这个理由实在撇脚,偌大的房子,平时大部分时间都是在她一个人在住,何来害怕一说。
谈别序搬着电脑到餐厅。
沈清梨抿唇偷笑。
吹好头发,她坐到谈别序对面用餐。只是吃了两口,她又停下来看他,如此反复几次,谈别序终于抬头,问:“怎么了?”
沈清梨夹起面条:“消耗了那么多体力,真不吃点?”
这回他笑意明显也清晰了些:“吃饱了有力气继续?”
得。
她就是多嘴问一句。
沈清梨再不搭理他,埋头默默吃面。
安静的餐厅,沈清梨在慢吞吞吃面,谈别序在工作,偶尔他会敲键盘。
沈清梨想,如果有那么一刻说她很热爱工作,大概就是谈别序坐在她对面敲击键盘时的严肃正经模样。
那一下下的键盘声,大多时候都是落在她心上的音符。
夜里两点过半,两人上床睡觉。
谈别序这人不止为人板正有秩序,就连睡觉也是。
沈清梨躺了一会,没忍住,悄摸摸地往他身旁挪,不多时她抵达他身旁,先是用手揽住他的腰,然后抬脚钻进他双腿中。
很杂乱没有条理的一个睡姿。
谈别序淡淡说:“下去。

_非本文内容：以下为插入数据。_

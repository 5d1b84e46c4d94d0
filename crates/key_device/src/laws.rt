// Laws of the definitions that contracts cite.
ghost use Rattle.key_device.specs.PlanLaws.{IsOverItsTalk, BeginsWithItsTalk, FollowsWhereAllAsked, IsOverAll, IsOverAllUndealt, BeginsWithAll, FollowsAllWhereAsked, HasOneOutcome, NeverBothEnds, IsFollowedInParts, IsBegunInParts, IsUndealtInParts, IsWalkedInParts, IsCutInParts, StepsOnAtTheEnd};
ghost use Rattle.key_device.specs.WrittenTape.{IsReadAsWritten, AnswersAsTold};

/// A run that follows a plan is the same plan over each tape that begins with what the run's talk
/// gained: it asks the same questions, comes to the same outcome and leaves the rest of the tape.
/// Where memory was wanting, the plan's questions over the tape begin with those of the talk. And
/// where a plan over a tape asks exactly the tape's questions, the tape is a talk that follows it.
pub fn followed_plan_over_its_talk<A>()
    ensures same { IsOverItsTalk A }
    ensures begins { BeginsWithItsTalk A }
    ensures converse { FollowsWhereAllAsked A }
{}

/// The same of a plan of two devices and words, and of one that lacked a word.
pub fn followed_plan_over_its_sources<A>()
    ensures same { IsOverAll A }
    ensures undealt { IsOverAllUndealt A }
    ensures begins { BeginsWithAll A }
    ensures converse { FollowsAllWhereAsked A }
{}

/// The talks and the words that a run gained say whether it came to an outcome, and to which.
pub fn followed_plan_has_one_outcome<A>()
    ensures outcome { HasOneOutcome A }
    ensures ends { NeverBothEnds A }
{}

/// A run that follows a plan with another one after it follows the first one, and then the one
/// that its outcome calls for; where memory or a word was wanting, it may have been in the first.
pub fn plans_are_followed_in_parts<A, B>()
    ensures all { IsFollowedInParts A B }
    ensures all_begun { IsBegunInParts A B }
    ensures all_undealt { IsUndealtInParts A B }
    ensures walked { IsWalkedInParts A B }
    ensures cut { IsCutInParts A B }
{}

/// Steps over a list with one more at its end are those over the list, and then that one.
pub fn steps_go_on_at_the_end<S, X>()
    ensures { StepsOnAtTheEnd S X }
{}

/// A tape file that is written for exchanges is read as these, in order, and a tape answers the
/// questions of its exchanges by what was told.
pub fn written_tape_is_read()
    ensures read { IsReadAsWritten }
    ensures answers { AnswersAsTold }
{}
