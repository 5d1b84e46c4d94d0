// The formulas of the toy device.
ghost use Rattle.std.specs.Prelude.{◌≡◌, ◌++◌};
ghost use Rattle.key_device.specs.Toy.{in_eight, point_bytes, toy_digest, toy_point, is_refused, is_first, toy_secret, toy_signature};

use crate::Point;
use byteorder::{BigEndian, ByteOrder};
use sha2::{Digest, Sha256};

// The number in 8 bytes, big-endian.
#[tactic(auto, unfolding(crate::specs::Toy::in_eight))]
fn in_eight(number: u64) -> [u8; 8]
    ensures { result ≡ in_eight number }
{
    let mut bytes = [0; 8];
    BigEndian::write_u64(&mut bytes, number);
    bytes
}

// 32 bytes and 32 more.
fn join(first: &[u8; 32], second: &[u8; 32]) -> [u8; 64]
    ensures { result ≡ first.now ++ second.now }
{
    let mut bytes = [0; 64];
    bytes[32..].copy_from_slice(second);
    bytes[..32].copy_from_slice(first);
    bytes
}

// x, then y.
fn point_bytes(point: &Point) -> [u8; 64]
    ensures { result ≡ point_bytes point.now }
{
    join(&point.x, &point.y)
}

// The digest under all formulas: of a name, the seed and two parts.
#[tactic(auto, unfolding(crate::specs::Toy::toy_digest))]
fn toy_digest(name: &[u8], seed: u64, first: &[u8], second: &[u8]) -> [u8; 32]
    ensures { result ≡ toy_digest name.now seed first.now second.now }
{
    let mut hasher = Sha256::new();
    hasher.update(name);
    hasher.update(&in_eight(seed)[..]);
    hasher.update(first);
    hasher.update(second);
    hasher.finalize()
}

// The public key of an owner's key.
pub(crate) fn toy_point(seed: u64, owner: u64, key: u32) -> Point
    ensures { result ≡ toy_point seed owner key }
{
    let owner = in_eight(owner);
    let key = in_eight(key as u64);
    Point {
        x: toy_digest(b"mdoc-toy-x", seed, &owner, &key),
        y: toy_digest(b"mdoc-toy-y", seed, &owner, &key),
    }
}

// Whether the peer's public key is refused: its x is all zero.
pub(crate) fn is_refused(peer: &Point) -> bool
    ensures { result ≡ is_refused peer.now }
{
    peer.x.iter().all(|byte| *byte == 0)
}

// Whether one doesn't come after the other in the order of bytes.
fn is_first(one: &[u8], other: &[u8]) -> bool
    ensures { result ≡ is_first one.now other.now }
{
    one.cmp(&other).is_le()
}

// The secret of two public keys, whichever of them is the own one.
pub(crate) fn toy_secret(seed: u64, own: &Point, peer: &Point) -> [u8; 32]
    ensures { result ≡ toy_secret seed own.now peer.now }
{
    let own = point_bytes(own);
    let peer = point_bytes(peer);
    if is_first(&own, &peer) {
        toy_digest(b"mdoc-toy-agree", seed, &own, &peer)
    } else {
        toy_digest(b"mdoc-toy-agree", seed, &peer, &own)
    }
}

// A public key's signature of a message.
pub(crate) fn toy_signature(seed: u64, public: &Point, message: &[u8]) -> [u8; 64]
    ensures { result ≡ toy_signature seed public.now message.now }
{
    let public = point_bytes(public);
    join(
        &toy_digest(b"mdoc-toy-r", seed, &public, message),
        &toy_digest(b"mdoc-toy-s", seed, &public, message),
    )
}
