// The words of a line of a tape file.
ghost use Rattle.std.specs.Prelude.{◌≡◌, ◌==◌, ℕ, List, map, IfOk};
ghost use Rattle.std.specs.Borrow.{Bor};
ghost use Rattle.std.specs.List.{slice_split, list_all};
ghost use Rattle.std.specs.Str.{bytes_eq};
ghost use Rattle.key_device.specs.TapeLine.{number_of, is_lower_digit, bytes_of, message_of};

use hex::FromHexError;
use mdoc_outside::{Memory, Octets, decimal_number};
use std::alloc::{AllocError, Global};

// What stands between single spaces.
pub(crate) fn between_spaces<'a>(alloc: Global, line: &'a [u8]) -> Result<Vec<&'a [u8]>, AllocError>
    ensures { IfOk result (λ list. map (λ (word : Bor (List ℕ)). word.now) list.items
        ≡ slice_split (λ byte. byte == 32) line.now) }
{
    line.split(|byte| *byte == b' ').collect(alloc)
}

// Whether a word is that text.
pub(crate) fn is_text(word: &[u8], text: &[u8]) -> bool
    ensures { result ≡ bytes_eq word.now text.now }
{
    word == text
}

// A number below 2^32.
#[tactic(auto, unfolding(crate::specs::TapeLine::number_of, mdoc_outside::specs::Decimals::decimal_number))]
pub(crate) fn number_of(word: &[u8]) -> Option<u32>
    ensures { result ≡ number_of word.now }
{
    u32::try_from(decimal_number(word)?).ok()
}

fn is_lower(word: &[u8]) -> bool
    ensures { result ≡ list_all is_lower_digit word.now }
{
    word.iter()
        .all(|byte| matches!(*byte, b'0'..=b'9' | b'a'..=b'f'))
}

// So many bytes.
#[tactic(auto, unfolding(crate::specs::TapeLine::bytes_of))]
pub(crate) fn bytes_of<const N: usize>(word: &[u8]) -> Option<[u8; N]>
    ensures { result ≡ bytes_of N word.now }
{
    if !is_lower(word) {
        return None;
    }
    let mut bytes = [0; N];
    match hex::decode_to_slice(word, &mut bytes) {
        Ok(()) => Some(bytes),
        Err(_) => None,
    }
}

// Any number of bytes, and `-` for none.
#[tactic(auto, unfolding(crate::specs::TapeLine::message_of))]
pub(crate) fn message_of(alloc: Global, word: &[u8]) -> Result<Option<Octets>, Memory>
    ensures { IfOk result (λ bytes. bytes ≡ message_of word.now) }
{
    match word {
        [] => Ok(None),
        b"-" => Ok(Some(Octets::from_vec(Vec::new(alloc)))),
        _ if !is_lower(word) => Ok(None),
        _ => match hex::decode(alloc, word) {
            Ok(bytes) => Ok(Some(Octets::from_vec(bytes))),
            Err(FromHexError::OutOfMemory) => Err(Memory),
            Err(_) => Ok(None),
        },
    }
}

”
沈清梨说:“夜太深了,我害怕。”
他再次强调:“躺好。”
连抗拒的言语都这么吝啬,沈清梨不管不顾抱紧他,说:“就不能多说一个字?”
谈别序声音依旧冷淡:“多说了你就能照做?”
那显然是不能的。
要是她那么听话,她能和他保持着这种无人知晓的关系到现在?
沈清梨说:“我没抱着人睡不习惯。”
谈别序没回她,只是掀开被子下床。
嗯?
生气了?
不应该啊。
谈别序走出卧室,没一会抱着两个大玩偶回来,分别是一个大梨子和长条大兔子。他让沈清梨选择要抱着哪个睡觉。
沈清梨不可置信地看着他:“你确定?”
谈别序点头,淡声说:“选一个。”
他态度何其认真,一点也没有开玩笑的意思。
良久,沈清梨重重哼了声,“谈别序,你哄不好我了。”话落,她抱过那只长条大兔子,背对着他躺下。
谈别序看了看她,没说什么,只是将大梨子放回隔壁小书房,再次回到卧室,床上的人仍是保持适才背对他躺的姿势,有种不哄就不转身的意味。
他看了看,并没有做什么,更没有哄她,只是上床躺下,而后关掉卧室的灯。